What the task requires: Transcribe each record below character for character.

Data provided:
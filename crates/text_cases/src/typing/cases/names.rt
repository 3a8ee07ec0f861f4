// FROM, JOIN, and which table and column a name stands for.

/// FROM, ON and names.
pub(crate) const NAMES: &str = r#"
# Entries from left to right: at most four, known tables, and no visible name twice. PostgreSQL has no such limit.
SELECT 1 FROM t a, t b, t c, t d => ?column?:i <- 1:i from 0 0 0 0 reads () () () () at - - - -
SELECT 1 FROM t a, t b, t c, t d, t e => S54000
SELECT 1 FROM nosuch, t a, t b, t c, t d => S54000
SELECT 1 FROM q => S42P01
SELECT 1 FROM "T" => S42P01
SELECT K FROM T => k:l <- 0.0:l from 0 reads () at -
SELECT 1 FROM t, t => S42712
SELECT 1 FROM t a, u a => S42712
SELECT 1 FROM t u, u => S42712
SELECT 1 FROM t, q, t => S42P01
SELECT 1 FROM t, t, q => S42712
SELECT 1 FROM t, t x => ?column?:i <- 1:i from 0 0 reads () () at - -
SELECT 1 FROM t u, u t => ?column?:i <- 1:i from 0 1 reads () () at - -
# Names of columns.
SELECT q FROM s => S42703
SELECT k => S42703
SELECT "K" FROM t => S42703
SELECT name FROM u, w => S42702
SELECT k FROM t a, t b => S42702
SELECT n FROM u, w => n:i <- 1.1:i from 1 2 reads () (1) at - -
# Names with a qualifier.
SELECT u.name FROM u, w => name:t <- 0.1:t from 1 2 reads (1) () at - -
SELECT w.name FROM u, w => name:t <- 1.0:t from 1 2 reads () () at - -
SELECT t.k => S42P01
SELECT q.k FROM t => S42P01
SELECT q.nosuch FROM t => S42P01
SELECT t.q FROM t => S42703
SELECT u.n FROM u, w => S42703
# An alias hides the table's name.
SELECT x.k FROM t x => k:l <- 0.0:l from 0 reads () at -
SELECT t.k FROM t x => S42P01
# Conditions of JOIN stand before WHERE. All entries of one table read the same columns.
SELECT a.k, b.v FROM t a JOIN t b ON a.k = b.k WHERE b.v = 5 => k:l v:l <- 0.0:l 1.1:l from 0 0 reads (1) (1) at - - where =(0.0:l 1.0:l):b =(1.1:l 5:i):b
SELECT 1 FROM t INNER JOIN w ON n = v CROSS JOIN u => ?column?:i <- 1:i from 0 2 1 reads (1) (1) () at - - - where =(1.1:i 0.1:l):b
# An ON sees the entries up to its own.
SELECT 1 FROM t a JOIN t b ON b.k = 1 CROSS JOIN w => ?column?:i <- 1:i from 0 0 2 reads () () () at - - - where =(1.0:l 1:i):b
SELECT 1 FROM t a JOIN w ON b.k = 1 JOIN t b ON true => S42P01
SELECT 1 FROM t JOIN w ON ok JOIN u ON true => S42703
SELECT 1 FROM t JOIN w ON k = 1 JOIN s ON b => ?column?:i <- 1:i from 0 2 3 reads () () (1) at - - - where =(0.0:l 1:i):b 2.1:b
SELECT 1 FROM t JOIN w ON k = 1 JOIN s ON k = 'a' => S42702
# ON is a condition.
SELECT 1 FROM t JOIN w ON NULL => ?column?:i <- 1:i from 0 2 reads () () at - - where null:b
SELECT 1 FROM t JOIN w ON 1 => S42804
SELECT 1 FROM t JOIN w ON 'x' => S0A000
SELECT 1 FROM t JOIN w ON count(*) = 1 => S42803
# FROM, then the ONs, then WHERE, then items, then ORDER BY.
SELECT nosuch FROM t JOIN w ON 1 WHERE foo(1) => S42804
SELECT nosuch FROM t JOIN q ON 1 => S42P01
SELECT nosuch FROM t WHERE 'x' ORDER BY q.q => S0A000
SELECT foo(1) FROM t ORDER BY q.q => S0A000
SELECT nosuch FROM q WHERE 1 => S42P01
SELECT 1 FROM t WHERE nosuch ORDER BY 5 => S42703
# Only statements over rows have types.
COMMIT => S0A000
SHOW monkey.history => S0A000
"#;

Worked solution:
filename crates/text_cases/src/typing/cases/names.rt
repository 3a8ee07ec0f861f4
// FROM, JOIN, and which table and column a name stands for.

/// FROM, ON and names.
pub(crate) const NAMES: &str = r#"
# Entries from left to right: at most four, known tables, and no visible name twice. PostgreSQL has no such limit.
SELECT 1 FROM t a, t b, t c, t d => ?column?:i <- 1:i from 0 0 0 0 reads () () () () at - - - -
SELECT 1 FROM t a, t b, t c, t d, t e => S54000
SELECT 1 FROM nosuch, t a, t b, t c, t d => S54000
SELECT 1 FROM q => S42P01
SELECT 1 FROM "T" => S42P01
SELECT K FROM T => k:l <- 0.0:l from 0 reads () at -
SELECT 1 FROM t, t => S42712
SELECT 1 FROM t a, u a => S42712
SELECT 1 FROM t u, u => S42712
SELECT 1 FROM t, q, t => S42P01
SELECT 1 FROM t, t, q => S42712
SELECT 1 FROM t, t x => ?column?:i <- 1:i from 0 0 reads () () at - -
SELECT 1 FROM t u, u t => ?column?:i <- 1:i from 0 1 reads () () at - -
# Names of columns.
SELECT q FROM s => S42703
SELECT k => S42703
SELECT "K" FROM t => S42703
SELECT name FROM u, w => S42702
SELECT k FROM t a, t b => S42702
SELECT n FROM u, w => n:i <- 1.1:i from 1 2 reads () (1) at - -
# Names with a qualifier.
SELECT u.name FROM u, w => name:t <- 0.1:t from 1 2 reads (1) () at - -
SELECT w.name FROM u, w => name:t <- 1.0:t from 1 2 reads () () at - -
SELECT t.k => S42P01
SELECT q.k FROM t => S42P01
SELECT q.nosuch FROM t => S42P01
SELECT t.q FROM t => S42703
SELECT u.n FROM u, w => S42703
# An alias hides the table's name.
SELECT x.k FROM t x => k:l <- 0.0:l from 0 reads () at -
SELECT t.k FROM t x => S42P01
# Conditions of JOIN stand before WHERE. All entries of one table read the same columns.
SELECT a.k, b.v FROM t a JOIN t b ON a.k = b.k WHERE b.v = 5 => k:l v:l <- 0.0:l 1.1:l from 0 0 reads (1) (1) at - - where =(0.0:l 1.0:l):b =(1.1:l 5:i):b
SELECT 1 FROM t INNER JOIN w ON n = v CROSS JOIN u => ?column?:i <- 1:i from 0 2 1 reads (1) (1) () at - - - where =(1.1:i 0.1:l):b
# An ON sees the entries up to its own.
SELECT 1 FROM t a JOIN t b ON b.k = 1 CROSS JOIN w => ?column?:i <- 1:i from 0 0 2 reads () () () at - - - where =(1.0:l 1:i):b
SELECT 1 FROM t a JOIN w ON b.k = 1 JOIN t b ON true => S42P01
SELECT 1 FROM t JOIN w ON ok JOIN u ON true => S42703
SELECT 1 FROM t JOIN w ON k = 1 JOIN s ON b => ?column?:i <- 1:i from 0 2 3 reads () () (1) at - - - where =(0.0:l 1:i):b 2.1:b
SELECT 1 FROM t JOIN w ON k = 1 JOIN s ON k = 'a' => S42702
# ON is a condition.
SELECT 1 FROM t JOIN w ON NULL => ?column?:i <- 1:i from 0 2 reads () () at - - where null:b
SELECT 1 FROM t JOIN w ON 1 => S42804
SELECT 1 FROM t JOIN w ON 'x' => S0A000
SELECT 1 FROM t JOIN w ON count(*) = 1 => S42803
# FROM, then the ONs, then WHERE, then items, then ORDER BY.
SELECT nosuch FROM t JOIN w ON 1 WHERE foo(1) => S42804
SELECT nosuch FROM t JOIN q ON 1 => S42P01
SELECT nosuch FROM t WHERE 'x' ORDER BY q.q => S0A000
SELECT foo(1) FROM t ORDER BY q.q => S0A000
SELECT nosuch FROM q WHERE 1 => S42P01
SELECT 1 FROM t WHERE nosuch ORDER BY 5 => S42703
# Only statements over rows have types.
COMMIT => S0A000
SHOW monkey.history => S0A000
"#;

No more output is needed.